++++ INFORMATION SHOWN

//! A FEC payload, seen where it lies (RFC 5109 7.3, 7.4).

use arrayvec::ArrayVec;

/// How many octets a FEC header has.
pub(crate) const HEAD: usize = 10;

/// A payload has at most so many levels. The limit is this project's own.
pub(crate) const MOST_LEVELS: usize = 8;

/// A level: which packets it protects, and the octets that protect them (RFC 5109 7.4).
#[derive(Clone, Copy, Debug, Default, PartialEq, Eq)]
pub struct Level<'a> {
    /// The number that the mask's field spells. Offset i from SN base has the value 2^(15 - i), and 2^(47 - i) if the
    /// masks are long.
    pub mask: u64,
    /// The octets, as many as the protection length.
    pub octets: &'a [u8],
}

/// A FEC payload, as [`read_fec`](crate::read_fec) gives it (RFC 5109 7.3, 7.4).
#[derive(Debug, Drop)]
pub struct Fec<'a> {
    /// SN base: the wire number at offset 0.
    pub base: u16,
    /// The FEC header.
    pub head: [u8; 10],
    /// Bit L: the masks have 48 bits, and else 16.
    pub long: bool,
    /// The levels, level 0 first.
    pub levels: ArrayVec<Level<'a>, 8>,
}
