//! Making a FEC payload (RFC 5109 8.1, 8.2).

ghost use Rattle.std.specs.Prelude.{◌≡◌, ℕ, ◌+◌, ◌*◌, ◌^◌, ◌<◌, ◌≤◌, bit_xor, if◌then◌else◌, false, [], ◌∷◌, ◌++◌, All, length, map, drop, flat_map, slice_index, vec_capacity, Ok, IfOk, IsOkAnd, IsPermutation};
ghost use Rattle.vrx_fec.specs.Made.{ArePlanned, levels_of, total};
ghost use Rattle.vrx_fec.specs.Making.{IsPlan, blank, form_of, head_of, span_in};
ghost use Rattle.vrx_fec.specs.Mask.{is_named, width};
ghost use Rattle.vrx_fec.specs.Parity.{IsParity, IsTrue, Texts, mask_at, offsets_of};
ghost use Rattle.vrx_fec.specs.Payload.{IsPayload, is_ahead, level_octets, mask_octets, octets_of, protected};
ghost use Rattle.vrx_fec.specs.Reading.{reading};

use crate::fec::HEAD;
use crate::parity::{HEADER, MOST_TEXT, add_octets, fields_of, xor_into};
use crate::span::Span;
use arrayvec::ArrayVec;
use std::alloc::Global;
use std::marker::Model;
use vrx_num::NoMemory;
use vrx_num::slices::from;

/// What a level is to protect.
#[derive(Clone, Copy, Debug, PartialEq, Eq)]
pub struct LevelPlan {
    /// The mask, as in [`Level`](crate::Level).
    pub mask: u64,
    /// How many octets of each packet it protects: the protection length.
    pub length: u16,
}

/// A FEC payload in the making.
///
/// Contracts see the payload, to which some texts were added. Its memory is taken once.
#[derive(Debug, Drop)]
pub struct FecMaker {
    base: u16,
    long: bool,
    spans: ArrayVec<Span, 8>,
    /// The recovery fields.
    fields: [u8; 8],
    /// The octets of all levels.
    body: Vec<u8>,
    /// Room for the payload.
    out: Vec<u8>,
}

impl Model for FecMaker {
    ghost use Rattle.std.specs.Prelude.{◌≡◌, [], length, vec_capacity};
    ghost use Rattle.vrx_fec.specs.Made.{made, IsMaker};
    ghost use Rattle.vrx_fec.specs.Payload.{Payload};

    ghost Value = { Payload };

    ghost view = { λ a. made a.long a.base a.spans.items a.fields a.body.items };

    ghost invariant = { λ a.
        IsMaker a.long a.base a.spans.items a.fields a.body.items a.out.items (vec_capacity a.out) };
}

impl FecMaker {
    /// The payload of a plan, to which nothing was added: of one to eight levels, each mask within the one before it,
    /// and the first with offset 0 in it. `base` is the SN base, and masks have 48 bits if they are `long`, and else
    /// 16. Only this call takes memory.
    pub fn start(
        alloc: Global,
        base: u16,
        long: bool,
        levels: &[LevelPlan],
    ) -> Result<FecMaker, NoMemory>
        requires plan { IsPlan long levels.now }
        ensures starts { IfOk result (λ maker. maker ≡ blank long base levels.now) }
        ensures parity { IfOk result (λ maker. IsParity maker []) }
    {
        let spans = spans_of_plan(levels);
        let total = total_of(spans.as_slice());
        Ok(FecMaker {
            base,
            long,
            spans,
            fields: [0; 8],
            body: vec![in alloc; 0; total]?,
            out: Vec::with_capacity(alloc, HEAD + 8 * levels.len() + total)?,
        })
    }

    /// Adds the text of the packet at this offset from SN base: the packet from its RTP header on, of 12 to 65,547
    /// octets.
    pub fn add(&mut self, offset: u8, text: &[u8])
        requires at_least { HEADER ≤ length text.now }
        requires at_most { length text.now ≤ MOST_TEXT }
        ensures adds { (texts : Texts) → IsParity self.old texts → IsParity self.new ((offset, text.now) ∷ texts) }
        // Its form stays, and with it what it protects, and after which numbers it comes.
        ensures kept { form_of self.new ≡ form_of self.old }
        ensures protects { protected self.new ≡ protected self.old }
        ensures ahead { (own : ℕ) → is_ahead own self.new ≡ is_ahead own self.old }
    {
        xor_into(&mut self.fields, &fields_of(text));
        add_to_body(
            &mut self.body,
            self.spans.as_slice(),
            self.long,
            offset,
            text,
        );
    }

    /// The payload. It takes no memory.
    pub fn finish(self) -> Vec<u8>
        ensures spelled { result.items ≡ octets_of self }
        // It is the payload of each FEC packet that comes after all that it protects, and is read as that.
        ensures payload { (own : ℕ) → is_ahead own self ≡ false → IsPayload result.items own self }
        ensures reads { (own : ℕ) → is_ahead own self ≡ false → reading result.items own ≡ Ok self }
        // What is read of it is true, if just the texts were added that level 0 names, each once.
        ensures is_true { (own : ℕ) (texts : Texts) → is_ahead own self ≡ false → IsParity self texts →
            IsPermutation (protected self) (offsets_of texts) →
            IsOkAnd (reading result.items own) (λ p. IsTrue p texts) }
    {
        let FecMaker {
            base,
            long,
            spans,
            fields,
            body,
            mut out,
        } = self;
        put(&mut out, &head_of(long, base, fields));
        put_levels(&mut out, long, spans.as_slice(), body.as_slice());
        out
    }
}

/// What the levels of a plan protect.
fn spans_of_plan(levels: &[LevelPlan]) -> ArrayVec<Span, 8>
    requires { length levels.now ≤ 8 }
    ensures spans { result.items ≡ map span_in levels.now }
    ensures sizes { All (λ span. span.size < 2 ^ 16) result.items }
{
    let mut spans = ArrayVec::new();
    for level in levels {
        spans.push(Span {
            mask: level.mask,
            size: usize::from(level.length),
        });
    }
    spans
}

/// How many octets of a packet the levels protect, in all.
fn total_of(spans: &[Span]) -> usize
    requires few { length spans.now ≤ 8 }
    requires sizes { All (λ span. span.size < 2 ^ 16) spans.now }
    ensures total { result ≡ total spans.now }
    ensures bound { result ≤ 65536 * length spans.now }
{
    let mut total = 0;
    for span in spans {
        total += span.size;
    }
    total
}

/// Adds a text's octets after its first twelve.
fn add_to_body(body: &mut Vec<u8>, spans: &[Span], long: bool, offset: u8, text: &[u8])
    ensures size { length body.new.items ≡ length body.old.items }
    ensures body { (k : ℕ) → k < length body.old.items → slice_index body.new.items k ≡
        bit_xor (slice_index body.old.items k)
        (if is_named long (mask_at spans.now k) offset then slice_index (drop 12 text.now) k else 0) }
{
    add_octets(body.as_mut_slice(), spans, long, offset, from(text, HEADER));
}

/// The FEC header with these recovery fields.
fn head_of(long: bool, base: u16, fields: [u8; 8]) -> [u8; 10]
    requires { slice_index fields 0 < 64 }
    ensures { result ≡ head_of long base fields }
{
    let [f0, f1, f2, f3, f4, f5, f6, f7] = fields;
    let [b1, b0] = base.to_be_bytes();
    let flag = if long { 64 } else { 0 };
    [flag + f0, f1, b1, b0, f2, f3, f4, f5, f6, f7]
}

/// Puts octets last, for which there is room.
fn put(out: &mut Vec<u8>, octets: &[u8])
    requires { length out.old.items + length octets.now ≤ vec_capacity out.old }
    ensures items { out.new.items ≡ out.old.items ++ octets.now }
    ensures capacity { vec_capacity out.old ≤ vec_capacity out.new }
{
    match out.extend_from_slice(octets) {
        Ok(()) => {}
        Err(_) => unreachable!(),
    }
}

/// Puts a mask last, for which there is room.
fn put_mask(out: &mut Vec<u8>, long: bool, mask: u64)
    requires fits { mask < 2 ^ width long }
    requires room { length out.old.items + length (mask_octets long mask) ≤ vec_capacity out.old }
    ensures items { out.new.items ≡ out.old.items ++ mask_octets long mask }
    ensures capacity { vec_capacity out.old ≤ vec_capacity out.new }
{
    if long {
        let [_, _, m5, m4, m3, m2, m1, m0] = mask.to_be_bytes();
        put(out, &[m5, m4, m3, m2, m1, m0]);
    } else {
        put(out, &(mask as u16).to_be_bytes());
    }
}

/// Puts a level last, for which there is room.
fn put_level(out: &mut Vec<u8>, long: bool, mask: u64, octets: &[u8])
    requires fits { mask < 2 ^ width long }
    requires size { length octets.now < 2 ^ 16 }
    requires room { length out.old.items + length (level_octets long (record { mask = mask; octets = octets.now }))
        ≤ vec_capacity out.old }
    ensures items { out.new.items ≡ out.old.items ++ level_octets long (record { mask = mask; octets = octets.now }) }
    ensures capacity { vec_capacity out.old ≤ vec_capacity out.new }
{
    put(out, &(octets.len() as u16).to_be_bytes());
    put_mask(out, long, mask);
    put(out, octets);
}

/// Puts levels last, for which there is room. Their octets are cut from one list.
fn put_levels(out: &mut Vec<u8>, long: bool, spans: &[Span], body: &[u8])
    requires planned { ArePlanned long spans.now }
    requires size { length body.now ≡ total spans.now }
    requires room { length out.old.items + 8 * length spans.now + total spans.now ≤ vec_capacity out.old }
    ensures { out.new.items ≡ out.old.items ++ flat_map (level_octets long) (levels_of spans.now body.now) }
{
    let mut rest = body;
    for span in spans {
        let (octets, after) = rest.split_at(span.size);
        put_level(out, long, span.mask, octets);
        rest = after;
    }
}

++++++++

→ YOUR TASK
Which of the lines in the material carry the string "Copy"? Pull them out.

→ ANSWER
#[derive(Clone, Copy, Debug, Default, PartialEq, Eq)]
#[derive(Clone, Copy, Debug, PartialEq, Eq)]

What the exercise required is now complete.